I have something to talk to the guys here about. It's been pissing me off lately. About my brother. My brothers kinda big, he works out and he's strong. He's recently lost a lot of weight so he's not as big as he was but he still works out and is still tough. And I'm convinced he is discriminated against because he's big. Because security guards and cops and bouncers are always major a$$holes to him for no apparent reason. And the thing is, my brother is one of the biggest softies you'll ever meet. He's extremely kind-hearted. This isn't to say he's never been in a fight. He has when pushed into one, and he usually wins. Anyway, lately he has been trying to avoid situations like this as best he can because he has a professional job and just can't risk getting into fights and trouble, etc.

So last night he was at a club, talking to this girl.
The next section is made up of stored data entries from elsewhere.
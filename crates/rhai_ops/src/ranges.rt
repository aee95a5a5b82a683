//! Operators on ranges.
ghost use Rattle.std.specs.Prelude.{◌≡◌, ◌&&◌, true, false, option_map};
ghost use Rattle.std.specs.Ordering.{int_eq};
ghost use Rattle.rhai_value.specs.Tree.{fresh, host};
ghost use Rattle.rhai_value.specs.Parts.{typed_host_of};
ghost use Rattle.rhai_ops.specs.Outcome.{IsOutcome, answers, bool_answer, both};
ghost use Rattle.rhai_ops.specs.Results.{Holds, part as part_in, range, range_type, same_range, unless as unless_it};

use crate::answer::{unless, value};
use rhai_text::EvalAltResult;
use rhai_value::{Dynamic, ExclusiveRange, INT, InclusiveRange, Store};

/// The range between two integers, inclusive or exclusive.
pub(crate) fn between(inclusive: bool, start: INT, end: INT) -> Result<Dynamic, EvalAltResult>
    ensures { IsOutcome ⊥ result (answers (fresh (host (range inclusive start end)))) }
{
    Ok(if inclusive {
        Dynamic::from(InclusiveRange { start, end })
    } else {
        Dynamic::from(ExclusiveRange { start, end })
    })
}

/// Whether two exclusive ranges are equal, or the negation.
pub(crate) fn equal_exclusive(
    negated: bool,
    store: &Store,
    left: &Dynamic,
    right: &Dynamic,
) -> Result<Dynamic, EvalAltResult>
    requires first { Holds (typed_host_of (range_type false)) store.now left.now }
    requires second { Holds (typed_host_of (range_type false)) store.now right.now }
    ensures { IsOutcome ⊥ result (both (λ a b. bool_answer (option_map (unless_it negated) (same_range a b))) (part_in (typed_host_of (range_type false)) store.now left.now) (part_in (typed_host_of (range_type false)) store.now right.now)) }
{
    let a = value::<ExclusiveRange>(left, store);
    let b = value::<ExclusiveRange>(right, store);
    let same = same_ends((a.start, a.end), (b.start, b.end));
    Ok(Dynamic::from_bool(unless(negated, same)))
}

/// The same for two inclusive ranges.
pub(crate) fn equal_inclusive(
    negated: bool,
    store: &Store,
    left: &Dynamic,
    right: &Dynamic,
) -> Result<Dynamic, EvalAltResult>
    requires first { Holds (typed_host_of (range_type true)) store.now left.now }
    requires second { Holds (typed_host_of (range_type true)) store.now right.now }
    ensures { IsOutcome ⊥ result (both (λ a b. bool_answer (option_map (unless_it negated) (same_range a b))) (part_in (typed_host_of (range_type true)) store.now left.now) (part_in (typed_host_of (range_type true)) store.now right.now)) }
{
    let a = value::<InclusiveRange>(left, store);
    let b = value::<InclusiveRange>(right, store);
    let same = same_ends((a.start, a.end), (b.start, b.end));
    Ok(Dynamic::from_bool(unless(negated, same)))
}

fn same_ends(a: (INT, INT), b: (INT, INT)) -> bool
    ensures { result ≡ (int_eq a.0 b.0 && int_eq a.1 b.1) }
{
    a.0 == b.0 && a.1 == b.1
}
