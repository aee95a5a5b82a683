//! Operators on booleans.
ghost use Rattle.std.specs.Prelude.{◌≡◌, IsTrue, Some, true, false};
ghost use Rattle.std.specs.Ordering.{bool_cmp};
ghost use Rattle.rhai_ops.specs.Numbers as specs;
ghost use Rattle.rhai_ops.specs.Outcome.{IsOutcome, bool_answer};
ghost use Rattle.rhai_ops.specs.Tokens as asked;
ghost use Rattle.rhai_ops.specs.Tokens.{is_bits, is_bits_assignment, is_cmp};

use crate::compare::holds;
use crate::tokens::without_assign;
use rhai_text::{EvalAltResult, Token};
use rhai_value::Dynamic;

/// `&`, `|` or `^` of two booleans.
pub(crate) fn answer(op: Token, a: bool, b: bool) -> Result<Dynamic, EvalAltResult>
    requires { IsTrue (is_bits op) }
    ensures { IsOutcome ⊥ result (bool_answer (specs.both_bits op a b)) }
{
    Ok(Dynamic::from_bool(holds_of(op, a, b)))
}

/// What an assignment by one of these operators writes.
pub(crate) fn assigned(op: Token, a: bool, b: bool) -> Result<Dynamic, EvalAltResult>
    requires { IsTrue (is_bits_assignment op) }
    ensures { IsOutcome ⊥ result (bool_answer (specs.both_bits (asked.without_assign op) a b)) }
{
    Ok(Dynamic::from_bool(holds_of(without_assign(op), a, b)))
}

/// The result of one of the three operators on two booleans.
#[tactic(auto, using(crate::proofs::Questions::some_bits))]
fn holds_of(op: Token, a: bool, b: bool) -> bool
    requires { IsTrue (is_bits op) }
    ensures { Some result ≡ specs.both_bits op a b }
{
    both_bits(op, a, b) == Some(true)
}

/// The result of one of the three operators on two booleans; `None` for another operator.
fn both_bits(op: Token, a: bool, b: bool) -> Option<bool>
    ensures { result ≡ specs.both_bits op a b }
{
    match op {
        Token::Ampersand => Some(a && b),
        Token::Pipe => Some(a || b),
        Token::XOr => Some(a != b),
        Token::Plus
        | Token::Minus
        | Token::Multiply
        | Token::Divide
        | Token::Modulo
        | Token::PowerOf
        | Token::RightShift
        | Token::LeftShift
        | Token::EqualsTo
        | Token::NotEqualsTo
        | Token::GreaterThan
        | Token::GreaterThanEqualsTo
        | Token::LessThan
        | Token::LessThanEqualsTo
        | Token::ExclusiveRange
        | Token::InclusiveRange
        | Token::Equals
        | Token::PlusAssign
        | Token::MinusAssign
        | Token::MultiplyAssign
        | Token::DivideAssign
        | Token::ModuloAssign
        | Token::PowerOfAssign
        | Token::RightShiftAssign
        | Token::LeftShiftAssign
        | Token::AndAssign
        | Token::OrAssign
        | Token::XOrAssign => None,
    }
}

/// A comparison of two booleans; false is less than true.
pub(crate) fn compare(op: Token, a: bool, b: bool) -> Result<Dynamic, EvalAltResult>
    requires { IsTrue (is_cmp op) }
    ensures { IsOutcome ⊥ result (bool_answer (specs.compared op (bool_cmp a b))) }
{
    Ok(Dynamic::from_bool(holds(op, a.cmp(&b))))
}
Not hitting on her, just talking. And this marine comes up and bumps into him. My borther ignores him. He figures he just accidentally bumped into him. So the marine, does this a couple more times, harder and now obviously intentionally. My brother gets up and walks away, trying to gain his composure. He said his heart was just racing the whole time wanting so bad to go over and just kick the guys a$$. He said he was near a panic attack he was so mad and upset. It turns out a girl my brother was talking to before was the guys girlfriend. My brother didn't know it and wasn't hitting on her anyway, he was just talking to her, trying to get to know people.

Then the marines friend comes up and playfully jabs my bro on the chin, but kinda hard and in a bullying way. Again my brother walks away, still in a rage, but doesn't want to get kicked out of the place, and doesn't want to start trouble. This whole walking away thing is kinda new to him, lol. 5 years ago he would have floored these guys.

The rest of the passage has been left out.